◆ Task
In the records below, count every line that includes the word "Renaming". Provide the total alone.

(Collected data entries)

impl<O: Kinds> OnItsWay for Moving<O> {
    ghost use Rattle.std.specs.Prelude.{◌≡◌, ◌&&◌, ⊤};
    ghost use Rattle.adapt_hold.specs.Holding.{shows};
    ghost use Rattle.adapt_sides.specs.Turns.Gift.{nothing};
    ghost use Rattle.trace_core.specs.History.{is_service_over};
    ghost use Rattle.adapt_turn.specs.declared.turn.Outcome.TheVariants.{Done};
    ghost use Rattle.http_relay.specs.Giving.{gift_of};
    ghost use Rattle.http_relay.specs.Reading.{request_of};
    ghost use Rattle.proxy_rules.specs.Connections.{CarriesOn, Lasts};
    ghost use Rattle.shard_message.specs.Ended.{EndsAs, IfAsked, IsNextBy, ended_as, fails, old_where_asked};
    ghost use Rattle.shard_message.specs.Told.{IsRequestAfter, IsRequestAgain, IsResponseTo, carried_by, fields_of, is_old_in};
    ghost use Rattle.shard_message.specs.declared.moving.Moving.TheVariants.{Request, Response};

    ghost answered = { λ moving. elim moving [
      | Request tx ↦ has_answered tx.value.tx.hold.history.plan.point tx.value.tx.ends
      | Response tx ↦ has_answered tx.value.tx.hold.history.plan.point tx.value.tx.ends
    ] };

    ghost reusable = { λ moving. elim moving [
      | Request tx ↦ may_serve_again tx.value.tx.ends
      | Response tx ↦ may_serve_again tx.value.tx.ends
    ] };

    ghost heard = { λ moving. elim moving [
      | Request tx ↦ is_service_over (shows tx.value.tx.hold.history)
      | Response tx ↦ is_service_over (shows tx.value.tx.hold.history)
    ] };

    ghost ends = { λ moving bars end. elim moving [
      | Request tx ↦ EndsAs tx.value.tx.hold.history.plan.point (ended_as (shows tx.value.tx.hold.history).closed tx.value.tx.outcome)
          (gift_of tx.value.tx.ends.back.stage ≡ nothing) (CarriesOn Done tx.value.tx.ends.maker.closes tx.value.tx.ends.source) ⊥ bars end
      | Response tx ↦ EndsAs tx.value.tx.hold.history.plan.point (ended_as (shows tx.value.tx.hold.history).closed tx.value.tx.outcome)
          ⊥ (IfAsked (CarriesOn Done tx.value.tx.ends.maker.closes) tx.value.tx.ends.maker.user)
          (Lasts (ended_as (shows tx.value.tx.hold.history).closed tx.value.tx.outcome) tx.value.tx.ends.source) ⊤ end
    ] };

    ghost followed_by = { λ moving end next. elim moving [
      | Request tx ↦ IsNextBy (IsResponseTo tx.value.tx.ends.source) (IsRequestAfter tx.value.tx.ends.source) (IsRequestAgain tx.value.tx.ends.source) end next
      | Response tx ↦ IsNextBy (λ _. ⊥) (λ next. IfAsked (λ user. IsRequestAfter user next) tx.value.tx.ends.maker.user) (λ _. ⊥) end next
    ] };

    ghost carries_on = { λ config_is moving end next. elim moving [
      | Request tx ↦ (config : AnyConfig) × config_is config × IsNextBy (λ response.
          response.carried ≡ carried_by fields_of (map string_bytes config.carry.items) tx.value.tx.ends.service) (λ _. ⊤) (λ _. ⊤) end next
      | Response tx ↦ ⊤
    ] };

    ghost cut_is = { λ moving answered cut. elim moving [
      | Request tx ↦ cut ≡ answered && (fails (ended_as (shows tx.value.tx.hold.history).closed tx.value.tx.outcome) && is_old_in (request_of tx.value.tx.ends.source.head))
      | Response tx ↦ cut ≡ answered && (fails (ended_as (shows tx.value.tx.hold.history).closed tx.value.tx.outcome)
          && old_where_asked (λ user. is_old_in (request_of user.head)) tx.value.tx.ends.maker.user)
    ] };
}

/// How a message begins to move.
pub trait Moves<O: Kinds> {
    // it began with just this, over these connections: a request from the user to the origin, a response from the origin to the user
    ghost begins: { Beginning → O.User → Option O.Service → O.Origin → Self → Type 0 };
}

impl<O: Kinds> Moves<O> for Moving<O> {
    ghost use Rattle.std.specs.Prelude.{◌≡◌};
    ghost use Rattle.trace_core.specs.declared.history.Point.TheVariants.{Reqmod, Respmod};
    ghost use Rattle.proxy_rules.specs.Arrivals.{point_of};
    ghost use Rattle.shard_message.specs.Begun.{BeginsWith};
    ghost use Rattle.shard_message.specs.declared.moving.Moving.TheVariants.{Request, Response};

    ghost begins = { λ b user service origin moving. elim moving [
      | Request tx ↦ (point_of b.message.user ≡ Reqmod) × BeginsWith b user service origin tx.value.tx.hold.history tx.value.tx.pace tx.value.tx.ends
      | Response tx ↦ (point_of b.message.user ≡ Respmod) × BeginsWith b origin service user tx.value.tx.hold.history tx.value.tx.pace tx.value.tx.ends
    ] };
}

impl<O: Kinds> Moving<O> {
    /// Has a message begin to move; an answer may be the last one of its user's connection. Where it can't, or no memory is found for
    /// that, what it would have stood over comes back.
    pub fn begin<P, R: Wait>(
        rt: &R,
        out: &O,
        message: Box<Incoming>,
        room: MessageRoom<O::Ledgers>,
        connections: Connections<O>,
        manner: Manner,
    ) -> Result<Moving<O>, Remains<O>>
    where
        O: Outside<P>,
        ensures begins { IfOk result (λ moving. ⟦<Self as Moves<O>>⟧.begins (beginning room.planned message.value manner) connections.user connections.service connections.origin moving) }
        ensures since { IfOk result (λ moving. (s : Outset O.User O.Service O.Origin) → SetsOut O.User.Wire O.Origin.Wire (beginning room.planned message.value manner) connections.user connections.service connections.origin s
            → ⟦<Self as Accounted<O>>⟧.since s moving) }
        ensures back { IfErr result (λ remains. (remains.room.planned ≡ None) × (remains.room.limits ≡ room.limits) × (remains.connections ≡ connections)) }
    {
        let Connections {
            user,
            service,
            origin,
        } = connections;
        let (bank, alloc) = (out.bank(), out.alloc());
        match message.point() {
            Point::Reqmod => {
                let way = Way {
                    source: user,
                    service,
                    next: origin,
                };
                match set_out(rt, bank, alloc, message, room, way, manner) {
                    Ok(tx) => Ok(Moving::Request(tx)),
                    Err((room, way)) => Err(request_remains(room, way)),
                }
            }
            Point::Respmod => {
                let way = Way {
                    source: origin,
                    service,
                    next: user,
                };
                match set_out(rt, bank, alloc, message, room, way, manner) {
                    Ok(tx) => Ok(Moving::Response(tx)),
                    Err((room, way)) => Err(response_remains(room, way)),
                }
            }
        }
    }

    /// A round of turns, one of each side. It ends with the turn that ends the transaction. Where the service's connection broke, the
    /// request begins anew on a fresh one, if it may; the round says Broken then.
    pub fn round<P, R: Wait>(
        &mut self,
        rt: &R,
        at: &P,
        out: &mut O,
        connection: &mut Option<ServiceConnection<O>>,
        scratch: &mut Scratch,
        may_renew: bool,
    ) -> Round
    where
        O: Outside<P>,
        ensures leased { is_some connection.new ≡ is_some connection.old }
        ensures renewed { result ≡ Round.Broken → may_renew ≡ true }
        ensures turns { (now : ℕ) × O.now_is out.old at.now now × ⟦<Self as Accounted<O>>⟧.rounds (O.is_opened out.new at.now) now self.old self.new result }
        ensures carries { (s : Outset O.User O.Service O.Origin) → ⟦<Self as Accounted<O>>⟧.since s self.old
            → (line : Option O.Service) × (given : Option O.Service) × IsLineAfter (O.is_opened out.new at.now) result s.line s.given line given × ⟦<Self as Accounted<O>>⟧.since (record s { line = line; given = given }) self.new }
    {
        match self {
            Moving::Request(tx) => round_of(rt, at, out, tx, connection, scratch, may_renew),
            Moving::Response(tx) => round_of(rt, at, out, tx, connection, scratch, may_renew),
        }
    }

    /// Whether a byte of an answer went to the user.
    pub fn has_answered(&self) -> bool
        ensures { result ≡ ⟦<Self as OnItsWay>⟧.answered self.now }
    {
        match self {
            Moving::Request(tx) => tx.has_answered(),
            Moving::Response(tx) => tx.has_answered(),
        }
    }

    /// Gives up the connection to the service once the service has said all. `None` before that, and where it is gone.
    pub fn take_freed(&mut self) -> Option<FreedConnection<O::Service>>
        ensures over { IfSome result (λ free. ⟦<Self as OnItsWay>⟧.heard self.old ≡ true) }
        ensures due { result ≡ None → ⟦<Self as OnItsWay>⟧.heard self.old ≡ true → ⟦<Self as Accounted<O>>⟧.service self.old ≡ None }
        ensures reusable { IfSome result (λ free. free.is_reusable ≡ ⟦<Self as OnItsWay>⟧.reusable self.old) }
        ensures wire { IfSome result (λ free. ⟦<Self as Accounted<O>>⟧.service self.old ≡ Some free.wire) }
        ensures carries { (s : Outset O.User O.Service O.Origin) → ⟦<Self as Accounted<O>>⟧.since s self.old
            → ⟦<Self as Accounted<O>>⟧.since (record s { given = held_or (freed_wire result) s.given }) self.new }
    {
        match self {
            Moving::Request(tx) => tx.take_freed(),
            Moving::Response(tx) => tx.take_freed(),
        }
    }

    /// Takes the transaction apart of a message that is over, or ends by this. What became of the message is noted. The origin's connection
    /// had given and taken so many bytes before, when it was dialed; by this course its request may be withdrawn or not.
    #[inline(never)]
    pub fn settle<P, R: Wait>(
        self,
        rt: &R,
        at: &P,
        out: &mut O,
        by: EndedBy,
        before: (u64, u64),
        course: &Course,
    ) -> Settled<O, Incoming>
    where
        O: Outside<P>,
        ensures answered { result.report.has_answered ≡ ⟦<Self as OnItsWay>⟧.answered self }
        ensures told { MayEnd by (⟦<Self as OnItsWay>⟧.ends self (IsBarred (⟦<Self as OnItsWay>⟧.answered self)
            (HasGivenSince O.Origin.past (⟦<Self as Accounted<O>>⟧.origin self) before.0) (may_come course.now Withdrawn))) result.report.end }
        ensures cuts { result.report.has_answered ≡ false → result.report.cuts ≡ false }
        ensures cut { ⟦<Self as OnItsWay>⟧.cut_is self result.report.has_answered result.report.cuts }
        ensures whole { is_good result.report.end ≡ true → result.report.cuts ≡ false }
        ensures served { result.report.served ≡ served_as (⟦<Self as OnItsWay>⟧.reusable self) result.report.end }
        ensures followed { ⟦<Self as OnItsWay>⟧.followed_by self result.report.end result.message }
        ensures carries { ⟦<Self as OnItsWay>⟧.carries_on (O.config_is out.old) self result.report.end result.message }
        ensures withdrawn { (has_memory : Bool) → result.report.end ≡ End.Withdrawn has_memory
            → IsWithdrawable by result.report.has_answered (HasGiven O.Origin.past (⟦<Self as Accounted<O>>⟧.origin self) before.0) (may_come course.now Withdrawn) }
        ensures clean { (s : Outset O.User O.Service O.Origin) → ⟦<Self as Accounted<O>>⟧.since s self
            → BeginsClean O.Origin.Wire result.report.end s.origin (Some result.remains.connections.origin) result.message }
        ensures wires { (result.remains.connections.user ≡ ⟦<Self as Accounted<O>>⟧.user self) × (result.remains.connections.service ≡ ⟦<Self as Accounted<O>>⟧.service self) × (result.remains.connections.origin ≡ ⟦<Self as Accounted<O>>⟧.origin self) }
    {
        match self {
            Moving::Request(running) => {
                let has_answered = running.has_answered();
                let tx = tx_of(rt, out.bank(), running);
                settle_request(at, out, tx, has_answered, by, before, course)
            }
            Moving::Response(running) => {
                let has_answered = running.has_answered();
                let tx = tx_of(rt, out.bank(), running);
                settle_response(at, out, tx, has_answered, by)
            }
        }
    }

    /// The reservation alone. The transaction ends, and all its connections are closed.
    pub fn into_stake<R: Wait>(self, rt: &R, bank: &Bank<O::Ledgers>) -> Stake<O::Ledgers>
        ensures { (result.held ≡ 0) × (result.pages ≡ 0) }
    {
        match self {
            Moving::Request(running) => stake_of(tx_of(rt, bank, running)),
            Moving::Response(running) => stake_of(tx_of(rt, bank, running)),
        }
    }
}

* * *

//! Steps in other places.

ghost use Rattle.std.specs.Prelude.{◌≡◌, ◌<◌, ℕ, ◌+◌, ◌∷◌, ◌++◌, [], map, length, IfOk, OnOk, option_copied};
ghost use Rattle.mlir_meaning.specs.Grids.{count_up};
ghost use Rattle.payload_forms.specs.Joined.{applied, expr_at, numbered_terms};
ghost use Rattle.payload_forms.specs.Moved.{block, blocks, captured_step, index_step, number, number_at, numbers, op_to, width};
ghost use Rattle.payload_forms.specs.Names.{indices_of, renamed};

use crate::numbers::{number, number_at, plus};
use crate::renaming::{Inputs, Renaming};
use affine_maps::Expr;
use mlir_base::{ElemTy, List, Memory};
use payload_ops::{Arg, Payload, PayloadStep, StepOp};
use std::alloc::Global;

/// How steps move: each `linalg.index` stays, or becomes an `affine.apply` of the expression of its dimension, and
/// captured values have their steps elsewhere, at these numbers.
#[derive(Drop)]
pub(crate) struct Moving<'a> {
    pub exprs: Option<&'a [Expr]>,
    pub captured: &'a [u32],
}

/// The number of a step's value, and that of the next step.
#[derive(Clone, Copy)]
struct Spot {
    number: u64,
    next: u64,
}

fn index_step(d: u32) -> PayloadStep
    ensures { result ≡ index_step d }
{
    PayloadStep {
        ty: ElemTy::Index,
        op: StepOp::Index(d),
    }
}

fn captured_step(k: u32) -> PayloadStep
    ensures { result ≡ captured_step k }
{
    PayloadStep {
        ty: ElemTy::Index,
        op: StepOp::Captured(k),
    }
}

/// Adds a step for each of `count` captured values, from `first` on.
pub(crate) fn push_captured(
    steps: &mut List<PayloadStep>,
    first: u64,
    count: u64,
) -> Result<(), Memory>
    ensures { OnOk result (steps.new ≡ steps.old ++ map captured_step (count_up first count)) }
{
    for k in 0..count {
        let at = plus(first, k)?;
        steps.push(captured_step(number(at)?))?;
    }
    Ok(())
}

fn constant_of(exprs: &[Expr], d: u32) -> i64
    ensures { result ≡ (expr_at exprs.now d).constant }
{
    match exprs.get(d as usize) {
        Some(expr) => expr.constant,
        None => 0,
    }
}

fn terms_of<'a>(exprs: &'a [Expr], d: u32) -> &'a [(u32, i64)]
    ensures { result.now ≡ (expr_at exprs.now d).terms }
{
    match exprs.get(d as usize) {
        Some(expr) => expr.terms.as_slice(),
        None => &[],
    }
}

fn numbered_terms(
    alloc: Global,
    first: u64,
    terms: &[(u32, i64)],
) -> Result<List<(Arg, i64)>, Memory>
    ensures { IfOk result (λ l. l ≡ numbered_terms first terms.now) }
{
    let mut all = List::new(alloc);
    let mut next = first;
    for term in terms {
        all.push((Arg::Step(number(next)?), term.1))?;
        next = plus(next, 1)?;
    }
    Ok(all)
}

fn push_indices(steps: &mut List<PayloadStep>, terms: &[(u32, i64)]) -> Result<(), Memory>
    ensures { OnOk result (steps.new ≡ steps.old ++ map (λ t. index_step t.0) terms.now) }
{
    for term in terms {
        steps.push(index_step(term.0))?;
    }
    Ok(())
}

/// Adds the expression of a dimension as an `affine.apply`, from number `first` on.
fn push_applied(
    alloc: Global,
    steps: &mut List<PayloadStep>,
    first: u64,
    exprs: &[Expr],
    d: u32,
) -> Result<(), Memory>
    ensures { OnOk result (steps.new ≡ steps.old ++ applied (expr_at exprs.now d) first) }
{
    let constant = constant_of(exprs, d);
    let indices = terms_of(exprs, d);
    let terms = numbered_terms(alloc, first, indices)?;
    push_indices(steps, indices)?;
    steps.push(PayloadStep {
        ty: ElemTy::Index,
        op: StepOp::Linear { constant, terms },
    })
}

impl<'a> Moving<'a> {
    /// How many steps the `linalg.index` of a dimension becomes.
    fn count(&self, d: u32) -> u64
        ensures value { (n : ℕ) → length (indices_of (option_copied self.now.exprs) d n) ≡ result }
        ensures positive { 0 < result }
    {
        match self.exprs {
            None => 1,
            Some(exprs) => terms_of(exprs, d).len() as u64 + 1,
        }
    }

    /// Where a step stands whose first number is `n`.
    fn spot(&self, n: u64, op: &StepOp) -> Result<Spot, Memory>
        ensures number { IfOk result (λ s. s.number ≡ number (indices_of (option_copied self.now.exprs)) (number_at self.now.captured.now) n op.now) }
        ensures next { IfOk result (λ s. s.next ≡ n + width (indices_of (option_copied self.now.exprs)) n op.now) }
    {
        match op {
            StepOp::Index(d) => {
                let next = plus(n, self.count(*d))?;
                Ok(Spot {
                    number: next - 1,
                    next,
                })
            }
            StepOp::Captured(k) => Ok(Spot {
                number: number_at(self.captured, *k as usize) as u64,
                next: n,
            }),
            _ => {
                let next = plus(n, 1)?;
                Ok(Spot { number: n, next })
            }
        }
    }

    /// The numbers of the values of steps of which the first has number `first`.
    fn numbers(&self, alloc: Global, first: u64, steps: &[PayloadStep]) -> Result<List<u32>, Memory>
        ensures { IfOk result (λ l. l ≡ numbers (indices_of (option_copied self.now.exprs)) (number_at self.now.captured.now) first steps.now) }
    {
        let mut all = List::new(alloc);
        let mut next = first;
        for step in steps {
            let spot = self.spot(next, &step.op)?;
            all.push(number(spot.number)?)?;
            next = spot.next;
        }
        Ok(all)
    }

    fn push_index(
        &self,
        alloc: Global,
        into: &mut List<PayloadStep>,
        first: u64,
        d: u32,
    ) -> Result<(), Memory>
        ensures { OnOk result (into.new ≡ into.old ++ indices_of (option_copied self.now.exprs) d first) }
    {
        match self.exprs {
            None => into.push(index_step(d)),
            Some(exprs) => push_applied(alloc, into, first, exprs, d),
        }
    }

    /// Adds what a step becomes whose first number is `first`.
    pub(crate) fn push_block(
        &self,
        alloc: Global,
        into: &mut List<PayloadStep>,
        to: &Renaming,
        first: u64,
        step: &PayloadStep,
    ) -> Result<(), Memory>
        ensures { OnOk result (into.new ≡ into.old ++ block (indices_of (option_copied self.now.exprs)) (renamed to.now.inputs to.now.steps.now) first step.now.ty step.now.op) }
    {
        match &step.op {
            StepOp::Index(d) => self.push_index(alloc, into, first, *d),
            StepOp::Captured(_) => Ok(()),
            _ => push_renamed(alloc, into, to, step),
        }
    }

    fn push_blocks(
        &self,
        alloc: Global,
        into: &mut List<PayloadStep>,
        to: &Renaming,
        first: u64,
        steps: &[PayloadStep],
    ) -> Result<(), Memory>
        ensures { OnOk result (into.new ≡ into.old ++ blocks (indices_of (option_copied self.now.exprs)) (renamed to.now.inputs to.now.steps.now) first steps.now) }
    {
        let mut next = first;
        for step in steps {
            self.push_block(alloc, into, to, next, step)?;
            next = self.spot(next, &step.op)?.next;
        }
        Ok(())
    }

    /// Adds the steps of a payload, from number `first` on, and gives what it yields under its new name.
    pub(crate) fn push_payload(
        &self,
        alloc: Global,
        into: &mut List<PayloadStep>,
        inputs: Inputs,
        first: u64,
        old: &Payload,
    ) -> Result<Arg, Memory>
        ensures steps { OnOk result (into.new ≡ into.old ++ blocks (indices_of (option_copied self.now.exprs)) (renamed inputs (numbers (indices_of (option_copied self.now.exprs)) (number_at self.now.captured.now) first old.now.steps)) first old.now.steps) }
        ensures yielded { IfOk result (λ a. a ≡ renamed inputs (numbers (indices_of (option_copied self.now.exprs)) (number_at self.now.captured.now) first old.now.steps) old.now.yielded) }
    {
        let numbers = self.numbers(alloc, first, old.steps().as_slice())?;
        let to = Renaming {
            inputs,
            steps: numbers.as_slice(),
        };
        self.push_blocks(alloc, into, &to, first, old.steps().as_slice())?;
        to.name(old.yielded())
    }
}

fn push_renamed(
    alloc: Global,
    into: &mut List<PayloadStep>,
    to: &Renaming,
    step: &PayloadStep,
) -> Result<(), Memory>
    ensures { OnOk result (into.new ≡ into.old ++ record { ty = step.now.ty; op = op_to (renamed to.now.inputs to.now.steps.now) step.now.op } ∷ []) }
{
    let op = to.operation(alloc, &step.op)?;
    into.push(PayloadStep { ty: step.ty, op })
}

◆ Answer box
5